Vickram Singh*1 and Dip Mukhopadhyay2
Received: December 02, 2019; Published: December 10, 2019
Corresponding author: Vickram Singh, Cardiology and GIM (General Inter Medicine) Registrar, Princess of Wales Hospital CF31 1RQ, Bridgend, Wales, United Kingdom
Fast Brain MRI Protocol: Use of limited-sequence Brain MRI to confirm the diagnosis of stroke and identify ‘Stroke Mimics’ after negative initial neuroimaging following stroke thrombolysis.
Keywords: Stroke; Thrombolysis; Fast MRI (Magnetic resonance Imaging with limited sequence); CT-head (computerised Tomography of the head)
Various studies have shown that a significant proportion of patients presenting as acute ischaemic stroke and thereby receiving stroke thrombolysis may have ‘Stroke Mimics’. Due to the time constrain in differentiating the true stroke from stroke mimics and limited availability of the timely MRI head these patients are not identified at stroke thrombolysis. However, diagnostic clarity is necessary thereafter for the appropriate management of such patients. A limited sequence ‘Fast Brain MRI protocol’ was introduced in our stroke unit to identify such ‘Stroke Mimics’ after thrombolysis. This 5-minute fast Brain MRI protocol included axial FLAIR and DWI sequence.
We evaluated all acute ischaemic stroke patients receiving thrombolysis in a DGH over 12 months. All thrombolysis patients received a routine CT Head 24 hours after receiving thrombolysis. Those patients with negative neuroimaging for an infarction at 24 hour received MRI Brain. A limited-sequence ‘Fast Brain MRI protocol’ was introduced in our stroke unit, this 5-minute fast Brain MRI protocol included axial FLAIR and DWI sequence.
Out of total 1200 patents referred with a possible diagnosis of stroke or stroke-like event over the 12 months between August 2017 to July 2018, 223 patients were within the thrombolysis window. 53 of them received stroke thrombolysis (thrombolysis rate 24%). f 14 out of these 53 patients (26%) were neuroimaging negative at 24hour CT and hence ended up having Fast MRI of their head. Out of this 14 thrombolysed but initial neuroimaging-negative patients 6 patients (11% of total thrombolysed cases) were noted to have DWI-negative MRI Brain scan and hence identified as ‘Stroke Mimic’ who has received thrombolysis. Out of 14 thrombolysed but initial neuroimaging-negative cases 64% (9 out of 14) were confirmed to have a stroke after MRI scan and 36% (5 out of 14) were negative for any recent infarction (Table 1 & 2).
In our study, we noticed that the majority of patient with suspected acute ischaemic stroke and thereby receiving stroke thrombolysis were confirmed to have a cerebral infarction.
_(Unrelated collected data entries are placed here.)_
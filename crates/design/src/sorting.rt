// Members in order: by number of classes, ties by the first plot where the columns differ.
ghost use Rattle.std.specs.Prelude.{◌≡◌, ◌∷◌, ◌++◌, map, ℕ, ◌+◌, ◌-◌, ◌*◌, ◌≤◌, ◌<◌, length, get_or, take, drop};
ghost use Rattle.std.proofs.Math.Seq.{paste};
ghost use Rattle.rules.specs.Limits.{most_plots, most_members, family_bytes};
ghost use Rattle.rules.specs.Factor.{classes};
ghost use Rattle.rules.specs.Family.{Distinct, before, members_of, written};
ghost use Rattle.design.specs.State.{column_at, Held, RankOf, Sorted};

use crate::store::put;
use families::member;
use limits::MEMBERS;

// Whether member `i` stands before member `j`.
fn member_before(store: &[u8], counts: &[u8; MEMBERS], n: usize, i: usize, j: usize) -> bool
    requires { (n ≤ most_plots) × (length store.now ≡ family_bytes) × (i < most_members) × (j < most_members) × (get_or counts.now i 0 ≡ classes (column_at n store.now i)) × (get_or counts.now j 0 ≡ classes (column_at n store.now j)) }
    ensures { result ≡ before (column_at n store.now i) (column_at n store.now j) }
{
    if counts[i] != counts[j] {
        return counts[i] < counts[j];
    }
    factor::smaller(member(store, i, n), member(store, j, n))
}

// The place of member `i` among the first `i`, which are in order.
fn rank(store: &[u8], counts: &[u8; MEMBERS], order: &[u8; MEMBERS], n: usize, i: usize) -> usize
    requires { (i < most_members) × Held n store.now counts.now (i + 1) × ((p : ℕ) → p < i → get_or order.now p 0 < i) }
    ensures { RankOf n store.now order.now (column_at n store.now i) i result }
{
    for (p, &other) in order[..i].iter().enumerate() {
        if member_before(store, counts, n, i, other as usize) {
            return p;
        }
    }
    i
}

// Puts `i` at place `p` of the first `i` entries, those from there on one further.
fn insert(order: &mut [u8; MEMBERS], i: usize, p: usize)
    requires { (length order.old ≡ most_members) × (p ≤ i) × (i < most_members) }
    ensures { order.new ≡ take p order.old ++ i ∷ take (i - p) (drop p order.old) ++ drop (i + 1) order.old }
{
    // From the last on, so that none is written over that is still to be moved.
    let mut k = i;
    while p < k {
        order[k] = order[k - 1];
        k -= 1;
    }
    order[p] = i as u8;
}

// The places of the members in their order.
pub fn sort(store: &[u8], counts: &[u8; MEMBERS], n: usize, size: usize) -> [u8; MEMBERS]
    requires { Held n store.now counts.now size × Distinct (members_of n store.now size) }
    ensures { Sorted (members_of n store.now size) result }
{
    let mut order = [0u8; MEMBERS];
    // `i` is the member that is put among those before it, which `order` has so far.
    for i in 0..size {
        let p = rank(store, counts, &order, n, i);
        insert(&mut order, i, p);
    }
    order
}

// Copies member `i` of the store to place `p` of a family buffer.
fn copy_member(store: &[u8], n: usize, i: usize, p: usize, family: &mut [u8])
    requires { (n ≤ most_plots) × (length store.now ≡ family_bytes) × (i < most_members) × (p < most_members) × (family_bytes ≤ length family.old) }
    ensures { family.new ≡ paste family.old (most_plots * p) (column_at n store.now i) n }
{
    put(family, p, member(store, i, n));
}

// Writes the members in their order to a family buffer.
pub fn write(store: &[u8], order: &[u8; MEMBERS], n: usize, size: usize, family: &mut [u8])
    requires { (n ≤ most_plots) × (length store.now ≡ family_bytes) × (size ≤ most_members) × (family_bytes ≤ length family.old) × (length order.now ≡ most_members) × ((p : ℕ) → p < size → get_or order.now p 0 < most_members) }
    ensures { family.new ≡ written family.old 0 (map (λ (i : ℕ). column_at n store.now i) (take size order.now)) }
{
    for (p, &i) in order[..size].iter().enumerate() {
        copy_member(store, n, i as usize, p, family);
    }
}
Only 11% of thrombolysed stroke was confirmed as ‘Stroke mimic’. We concluded that thorough initial assessment and full NIHSS scoring had taken place in all these cases before thrombolysis. Unless a ‘Fast Brain MRI’ scan protocol is readily available without any delay prior to stroke thrombolysis it would not be possible to completely exclude the stroke, mimics receiving thrombolysis; as there is always anxiety that we might deny the thrombolysis to the genuine patients otherwise.